When writing packages, keep them general so they can be reused in future applications. Become familiar with the Oracle-supplied packages, and avoid writing packages that duplicate features already provided by Oracle.
Design and define package specs before the package bodies. Place in a spec only those things that must be visible to calling programs. That way, other developers cannot build unsafe dependencies on your implementation details.
To reduce the need for recompiling when code is changed, place as few items as possible in a package spec. Changes to a package body do not require recompiling calling procedures. Changes to a package spec require Oracle to recompile every stored subprogram that references the package.
You can separate a cursor specification (spec for short) from its body for placement in a package. That way, you can change the cursor body without having to change the cursor spec. For information on the cursor syntax, see "Cursor Declaration".
In Example 9-5, you use the %ROWTYPE
attribute to provide a record type that represents a row in the database table employees
:
Example 9-5 Separating Cursor Specifications With Packages
CREATE PACKAGE emp_stuff AS CURSOR c1 RETURN employees%ROWTYPE; -- declare cursor spec END emp_stuff; / CREATE PACKAGE BODY emp_stuff AS CURSOR c1 RETURN employees%ROWTYPE IS SELECT * FROM employees WHERE salary > 2500; -- define cursor body END emp_stuff; /
The cursor spec has no SELECT
statement because the RETURN
clause specifies the datatype of the return value. However, the cursor body must have a SELECT
statement and the same RETURN
clause as the cursor spec. Also, the number and datatypes of items in the SELECT
list and the RETURN
clause must match.
Packaged cursors increase flexibility. For example, you can change the cursor body in the last example, without having to change the cursor spec.

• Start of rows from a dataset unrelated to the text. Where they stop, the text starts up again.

//! The searches for a thread, each by one scan. A scan finds a place in the list of the threads, whose number is that of the thread there: such
//! a list has no bound by its type, and each state of a run has at most 65,536 threads.

ghost use Rattle.std.specs.Prelude.{◌≡◌, ◌<◌, ◌≤◌, length, option_map, IfSome};
ghost use Rattle.sd_flat.specs.Standings.{best_standing, first_over, first_to_age, stands};
ghost use Rattle.sd_machine.specs.Threads.{best_queued, best_ready, best_sleeper, best_sleeper_below, best_unbound, best_waiter, first_due, is_due, naps_less, next_to_age, runner};
ghost use Rattle.sd_state.specs.Best.{beats};
ghost use Rattle.sd_state.specs.States.{no_thread};
ghost use Rattle.sd_state.proofs.BestLemmas.{goes_ahead_by};

use crate::orders::{beats, naps_less};
use crate::reads::cpu_of;
use crate::standings::{Standing, is_due, is_queued, is_running, is_ts, stands};
use sd_state::{State, ThreadState};
use sd_types::{ChanId, CpuId, LockId, Side, ThreadId};

/// The thread at a place of the list that a scan found.
fn thread_at(s: &State, index: Option<usize>) -> Option<ThreadId>
    requires { IfSome index (λ i. i < length s.now.threads) }
    ensures value { length s.now.threads ≤ 65536 → option_map (λ t. t.0) result ≡ index }
    ensures inside { IfSome result (λ t. t.0 < length s.now.threads) }
{
    match index {
        Some(i) if i < 65536 => Some(ThreadId(i as u16)),
        _ => None,
    }
}

/// Thread `i` stands there and goes before the best so far.
fn goes_ahead(standing: Standing, threads: &[ThreadState], best: Option<usize>, i: usize) -> bool
    requires here { i < length threads.now }
    requires best { IfSome best (λ b. b < length threads.now) }
    ensures { result ≡ goes_ahead_by (λ x. stands standing x) beats no_thread threads.now best i }
{
    stands(standing, &threads[i])
        && match best {
            None => true,
            Some(b) => beats(&threads[i], &threads[b]),
        }
}

/// The best thread that stands there.
#[tactic(auto, unfolding(crate::specs::Standings::best_standing))]
fn best_standing(standing: Standing, threads: &[ThreadState]) -> Option<usize>
    ensures value { result ≡ best_standing standing threads.now }
    ensures inside { IfSome result (λ t. t < length threads.now) }
{
    let mut best = None;
    for i in 0..threads.len() {
        if goes_ahead(standing, threads, best, i) {
            best = Some(i);
        }
    }
    best
}

/// The nap of thread `i` on processor `c` is over, and before that of the first so far.
fn is_over_before(
    c: CpuId,
    count: u32,
    threads: &[ThreadState],
    first: Option<usize>,
    i: usize,
) -> bool
    requires here { i < length threads.now }
    requires first { IfSome first (λ b. b < length threads.now) }
    ensures { result ≡ goes_ahead_by (λ x. is_due c.0 count x.place) naps_less no_thread threads.now first i }
{
    is_due(c, count, &threads[i].place)
        && match first {
            None => true,
            Some(b) => naps_less(&threads[i], &threads[b]),
        }
}

/// The thread whose nap on processor `c` is over first, where one is over at this count.
#[tactic(auto, unfolding(crate::specs::Standings::first_over))]
fn first_over(c: CpuId, count: u32, threads: &[ThreadState]) -> Option<usize>
    ensures value { result ≡ first_over c.0 count threads.now }
    ensures inside { IfSome result (λ t. t < length threads.now) }
{
    let mut first = None;
    for i in 0..threads.len() {
        if is_over_before(c, count, threads, first, i) {
            first = Some(i);
        }
    }
    first
}

/// The place in the list of the thread that runs on processor `c`.
#[tactic(auto, unfolding(sd_machine::specs::Threads::runner))]
pub fn index_of_runner(s: &State, c: CpuId) -> Option<usize>
    ensures value { result ≡ runner s.now c.0 }
    ensures inside { IfSome result (λ i. i < length s.now.threads) }
{
    s.threads
        .items()
        .iter()
        .position(|x| is_running(c, &x.place))
}

/// The place in the list of the best thread on the queue of processor `c` that is bound to no processor.
#[tactic(auto, unfolding(sd_machine::specs::Threads::best_unbound, crate::specs::Standings::best_standing))]
pub(crate) fn index_of_best_unbound(s: &State, c: CpuId) -> Option<usize>
    ensures value { result ≡ best_unbound s.now c.0 }
    ensures inside { IfSome result (λ i. i < length s.now.threads) }
{
    best_standing(Standing::Unbound(c), s.threads.items())
}

/// The thread that runs on processor `c`.
pub fn runner(s: &State, c: CpuId) -> Option<ThreadId>
    ensures value { length s.now.threads ≤ 65536 → option_map (λ t. t.0) result ≡ runner s.now c.0 }
    ensures inside { IfSome result (λ t. t.0 < length s.now.threads) }
{
    thread_at(s, index_of_runner(s, c))
}

/// The best thread on the queue of processor `c` or on the real-time queue of its partition.
#[tactic(auto, unfolding(sd_machine::specs::Threads::best_ready, crate::specs::Standings::best_standing))]
pub fn best_ready(s: &State, c: CpuId) -> Option<ThreadId>
    ensures value { length s.now.threads ≤ 65536 → option_map (λ t. t.0) result ≡ best_ready s.now c.0 }
    ensures inside { IfSome result (λ t. t.0 < length s.now.threads) }
{
    thread_at(
        s,
        best_standing(Standing::Ready(c, cpu_of(s, c).set), s.threads.items()),
    )
}

/// The best thread on the queue of processor `c` alone.
#[tactic(auto, unfolding(sd_machine::specs::Threads::best_queued, crate::specs::Standings::best_standing))]
pub fn best_queued(s: &State, c: CpuId) -> Option<ThreadId>
    ensures value { length s.now.threads ≤ 65536 → option_map (λ t. t.0) result ≡ best_queued s.now c.0 }
    ensures inside { IfSome result (λ t. t.0 < length s.now.threads) }
{
    thread_at(s, best_standing(Standing::Queued(c), s.threads.items()))
}

/// The best thread on the queue of processor `c` that is bound to no processor.
pub fn best_unbound(s: &State, c: CpuId) -> Option<ThreadId>
    ensures value { length s.now.threads ≤ 65536 → option_map (λ t. t.0) result ≡ best_unbound s.now c.0 }
    ensures inside { IfSome result (λ t. t.0 < length s.now.threads) }
{
    thread_at(s, index_of_best_unbound(s, c))
}

/// The best thread that waits for lock `l` at a side.
#[tactic(auto, unfolding(sd_machine::specs::Threads::best_waiter, crate::specs::Standings::best_standing))]
pub fn best_waiter(s: &State, l: LockId, side: Side) -> Option<ThreadId>
    ensures value { length s.now.threads ≤ 65536 → option_map (λ t. t.0) result ≡ best_waiter s.now l.0 side }
    ensures inside { IfSome result (λ t. t.0 < length s.now.threads) }
{
    thread_at(
        s,
        best_standing(Standing::Waiting(l, side), s.threads.items()),
    )
}

/// The best thread that sleeps on channel `k`.
#[tactic(auto, unfolding(sd_machine::specs::Threads::best_sleeper, crate::specs::Standings::best_standing))]
pub fn best_sleeper(s: &State, k: ChanId) -> Option<ThreadId>
    ensures value { length s.now.threads ≤ 65536 → option_map (λ t. t.0) result ≡ best_sleeper s.now k.0 }
    ensures inside { IfSome result (λ t. t.0 < length s.now.threads) }
{
    thread_at(s, best_standing(Standing::Asleep(k), s.threads.items()))
}

/// The best thread that sleeps on channel `k` with a key below a number.
#[tactic(auto, unfolding(sd_machine::specs::Threads::best_sleeper_below, crate::specs::Standings::best_standing))]
pub fn best_sleeper_below(s: &State, k: ChanId, below: i64) -> Option<ThreadId>
    ensures value { length s.now.threads ≤ 65536 → option_map (λ t. t.0) result ≡ best_sleeper_below s.now k.0 below }
    ensures inside { IfSome result (λ t. t.0 < length s.now.threads) }
{
    thread_at(
        s,
        best_standing(Standing::AsleepBelow(k, below), s.threads.items()),
    )
}

/// The thread whose nap on processor `c` is over first, where one is over.
#[tactic(auto, unfolding(sd_machine::specs::Threads::first_due, crate::specs::Standings::first_over))]
pub fn first_due(s: &State, c: CpuId) -> Option<ThreadId>
    ensures value { length s.now.threads ≤ 65536 → option_map (λ t. t.0) result ≡ first_due s.now c.0 }
    ensures inside { IfSome result (λ t. t.0 < length s.now.threads) }
{
    thread_at(s, first_over(c, cpu_of(s, c).count, s.threads.items()))
}

/// The first of these threads that is a time-sharing thread on the queue of processor `c`.
#[tactic(auto, unfolding(crate::specs::Standings::first_to_age))]
fn first_to_age(c: CpuId, threads: &[ThreadState]) -> Option<usize>
    ensures value { result ≡ first_to_age c.0 threads.now }
    ensures inside { IfSome result (λ t. t < length threads.now) }
{
    threads
        .iter()
        .position(|x| is_queued(c, &x.place) && is_ts(&x.body.class))
}

/// The least of the time-sharing threads with number `u` or more on the queue of processor `c`.
#[tactic(auto, unfolding(sd_machine::specs::Threads::next_to_age, crate::specs::Standings::first_to_age))]
pub fn next_to_age(s: &State, c: CpuId, u: ThreadId) -> Option<ThreadId>
    ensures value { length s.now.threads ≤ 65536 → option_map (λ t. t.0) result ≡ next_to_age s.now c.0 u.0 }
    ensures inside { IfSome result (λ t. t.0 < length s.now.threads) }
{
    let threads = s.threads.items();
    let from = (u.0 as usize).min(threads.len());
    let index = match first_to_age(c, &threads[from..]) {
        None => None,
        Some(index) => Some(from + index),
    };
    thread_at(s, index)
}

From a PL/SQL block or subprogram, you use dot notation to reference a packaged cursor, as the following example shows:
DECLARE emp_rec employees%ROWTYPE;BEGIN OPEN emp_stuff.c1; LOOP FETCH emp_stuff.c1 INTO emp_rec; -- do processing here ... EXIT WHEN emp_stuff.c1%NOTFOUND; END LOOP; CLOSE emp_stuff.c1; END; /
The scope of a packaged cursor is not limited to a PL/SQL block. When you open a packaged cursor, it remains open until you close it or you disconnect from the session.